Lab Book Club: How technology built objectivity into newspapers

[Here's Zach's review of Chapter 2 of this month's Nieman Journalism Lab Book Club selection. For more info, check here. —Ed.]

The New York Sun was one of the first non-partisan newspapers in the United States, and it might have been the country’s last partisan newspaper as well. What happened in the intervening 175 years was the full-circle transformation of American publishing.

To be clear, there have been two New York Suns: one that printed from 1833 until 1950, reigning for a time as the most important daily in New York, and another, unrelated except by name and motto, that published between 2002 and 2008. The original Sun’s founder, Benjamin Day, credited his newspaper’s success in the middle of the 20th century to a new invention, the rotary press, which upended the model of printing that had reigned since Gutenberg. “The development of presses with runs of 25,000 sheets or more per hour meant a single newspaper could supply a significant portion of a city’s readers,” writes James Hamilton in chapter two of All the News That’s Fit to Sell. The increased output, along with a decline in the cost of paper, meant that publishers like Day didn’t need to rely on expensive subscriptions like typical American newspapers of the time. Instead, he charged a penny.

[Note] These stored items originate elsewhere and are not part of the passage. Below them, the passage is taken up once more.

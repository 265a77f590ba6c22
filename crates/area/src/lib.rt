//! A page store of kind 1: a plain byte area, slot `s` at 2,048 × `s`. No slot is bad. Bytes in a last part slot, or past
//! slot 8,191, belong to no slot and are never altered.
#![tactic(auto)]

ghost use Rattle.std.specs.Prelude.{◌≡◌, ℕ, ◌*◌, List, Vec};
ghost use Rattle.std.specs.declared.alloc.Global.{Global};
ghost use Rattle.pages.specs.Store.{refusal_at, told};
ghost use Rattle.area.specs.Plain.{PlainLaws, plain_rules};
ghost use Rattle.area.specs.Slots.{plain_lawful};
ghost use Rattle.std.proofs.Common.{rules};

use pages::fault::{Fault, StoreRefusal};
use pages::store::{MOST_SLOTS, PageStore};
use std::marker::Model;
use storage::PAGE;

/// The area, as it was handed in and then written to.
#[derive(Drop)]
pub struct PlainArea {
    area: Vec<u8>,
}

/// Contracts see the area itself.
impl Model for PlainArea {
    ghost Value = { Vec ℕ Global };

    ghost view = { λ s. s.area };
}

impl PlainArea {
    /// A store over these bytes.
    pub fn new(area: Vec<u8>) -> PlainArea
        ensures { result ≡ area }
    {
        PlainArea { area }
    }

    /// The bytes, to be saved.
    pub fn area(&self) -> &[u8]
        ensures { result.now ≡ self.now.items }
    {
        &self.area
    }

    /// The area itself, taken out again.
    pub fn into_area(self) -> Vec<u8>
        ensures { result ≡ self }
    {
        self.area
    }

    /// The first refusal that holds for a slot and a buffer of so many bytes.
    fn check(&self, slot: u32, length: usize) -> Result<(), Fault>
        ensures { result ≡ told plain_rules self.now.items slot (refusal_at plain_rules self.now.items slot length) }
    {
        if length != PAGE {
            return Err(Fault::new(StoreRefusal::WrongLength, Self::KIND, slot));
        }
        if slot >= self.count() {
            return Err(Fault::new(StoreRefusal::NoSuchSlot, Self::KIND, slot));
        }
        Ok(())
    }
}

/// Where the bytes of a slot begin.
fn place(slot: u32) -> usize
    ensures { result ≡ 2048 * slot }
{
    PAGE * slot as usize
}

impl PageStore for PlainArea {
    const KIND: u8 = 1;

    ghost KIND = { 1 };

    ghost Model = { List ℕ };

    ghost model = { λ s. s.items };

    ghost rules = { plain_rules };

    ghost lawful = { plain_lawful };

    ghost valid = { Prim.search rules };

    fn count(&self) -> u32 {
        (self.area.len() / PAGE).min(MOST_SLOTS as usize) as u32
    }

    fn good(&self, slot: u32) -> Result<(), Fault> {
        self.check(slot, PAGE)
    }

    fn read(&self, slot: u32, page: &mut [u8]) -> Result<(), Fault> {
        self.check(slot, page.len())?;
        let at = place(slot);
        page.copy_from_slice(&self.area[at..at + PAGE]);
        Ok(())
    }

    fn write(&mut self, slot: u32, page: &[u8]) -> Result<(), Fault> {
        self.check(slot, page.len())?;
        let at = place(slot);
        self.area[at..at + PAGE].copy_from_slice(page);
        Ok(())
    }
}

/// The number of this kind of store. What a write touches is stated here as a theorem: it holds of the definitions that
/// the contracts above cite.
pub fn laws() -> u8
    ensures number { result ≡ 1 }
    ensures laws { PlainLaws }
{
    <PlainArea as PageStore>::KIND
}

#[cfg(test)]
mod tests {
    use super::*;
    use pages::call::Call;
    use pages::runs::read_after;
    use std::test::Fail;

    #[test]
    fn counts_whole_slots(rt: HostRuntime) -> Result<(), Fail> {
        assert_eq!(rt; PlainArea::new(vec![in rt.alloc(); 0u8; 2047]?).count(), 0);
        assert_eq!(rt; PlainArea::new(vec![in rt.alloc(); 0u8; 2048]?).count(), 1);
        assert_eq!(rt; PlainArea::new(vec![in rt.alloc(); 0u8; 4095]?).count(), 1);
        assert_eq!(rt;
            PlainArea::new(vec![in rt.alloc(); 0u8; 2048 * 8191]?).count(),
            8191
        );
        assert_eq!(rt;
            PlainArea::new(vec![in rt.alloc(); 0u8; 2048 * 8193]?).count(),
            8192
        );
        Ok(())
    }

    #[test]
    fn refuses_in_order(rt: HostRuntime) -> Result<(), Fail> {
        let mut store = PlainArea::new(vec![in rt.alloc(); 7u8; 4100]?);
        let mut long = [1u8; 2049];
        assert_eq!(rt; store.good(1), Ok(()));
        assert_eq!(rt;
            store.good(2),
            Err(Fault::new(StoreRefusal::NoSuchSlot, PlainArea::KIND, 2))
        );
        assert_eq!(rt;
            store.read(2, &mut long),
            Err(Fault::new(StoreRefusal::WrongLength, PlainArea::KIND, 2))
        );
        assert_eq!(rt;
            store.read(2, &mut long[0..2048]),
            Err(Fault::new(StoreRefusal::NoSuchSlot, PlainArea::KIND, 2))
        );
        assert_eq!(rt;
            store.write(1, &long[0..2047]),
            Err(Fault::new(StoreRefusal::WrongLength, PlainArea::KIND, 1))
        );
        assert_eq!(rt; long[0], 1);
        Ok(())
    }

    #[test]
    fn writes_its_slot_alone(rt: HostRuntime) -> Result<(), Fail> {
        let mut store = PlainArea::new(vec![in rt.alloc(); 7u8; 4100]?);
        let mut page = [9u8; 2048];
        assert_eq!(rt; store.write(1, &page), Ok(()));
        assert_eq!(rt; store.read(0, &mut page), Ok(()));
        assert_eq!(rt; page[2047], 7);
        let area = store.into_area();
        assert_eq!(rt; area.get(2047).copied(), Some(7));
        assert_eq!(rt; area.get(2048).copied(), Some(9));
        assert_eq!(rt; area.get(4095).copied(), Some(9));
        assert_eq!(rt; area.get(4096).copied(), Some(7));
        Ok(())
    }

    #[test]
    fn reads_the_last_page_written(rt: HostRuntime) -> Result<(), Fail> {
        let heap = rt.alloc();
        let mut store = PlainArea::new(vec![in heap; 0u8; 4096]?);
        let first = Call::Write {
            slot: 1,
            page: vec![in heap; 1u8; 2048]?,
        };
        let last = Call::Write {
            slot: 1,
            page: vec![in heap; 2u8; 2048]?,
        };
        let short = Call::Write {
            slot: 1,
            page: vec![in heap; 3u8; 2047]?,
        };
        let mut page = [0u8; 2048];
        assert_eq!(rt;
            read_after(
                &mut store,
                &[first, last, short, Call::Read { slot: 9 }],
                1,
                &mut page,
            ),
            Ok(())
        );
        assert_eq!(rt; page[0], 2);
        Ok(())
    }
}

The Sun also broke from its competitors in political perspective — or rather, by choosing not to have one. According to Hamilton’s data, 87 percent of daily newspapers in large American cities were allied with either the Democrats or the Republicans in 1870. But the Sun pitched itself this way to advertisers in 1880:

In its comments on men and affairs, THE SUN believes that the only guide of policy should be common sense, inspired by genuine American principles and backed by honesty of purpose. For this reason it is, and will continue to be, absolutely independent of party, class, clique, organization, or interest. It is for all, but of none.

Hamilton sets out to argue that the non-partisan stance adopted by the Sun — and, increasingly, most major-market dailies between 1870 and 1900 — had little to do with journalistic ethics or a commitment to the truth. Like charging a penny, political independence was a business calculation intended to reach the largest possible audience. The newer, faster presses cost more money, and publishers could no longer afford to limit their readerships by taking a narrow point of view.

And while that’s been argued before, Hamilton adds the rigor of his field, economics, to demonstrate the effect more conclusively. By 1900, he finds, just 50 percent of dailies in large American cities still considered themselves Democratic or Republican. The increasing collection of independent newspapers charged premiums to advertisers, employed more journalists, and were more likely to establish Washington bureaus — laying the groundwork, essentially, for the business of 20th-century newspapers.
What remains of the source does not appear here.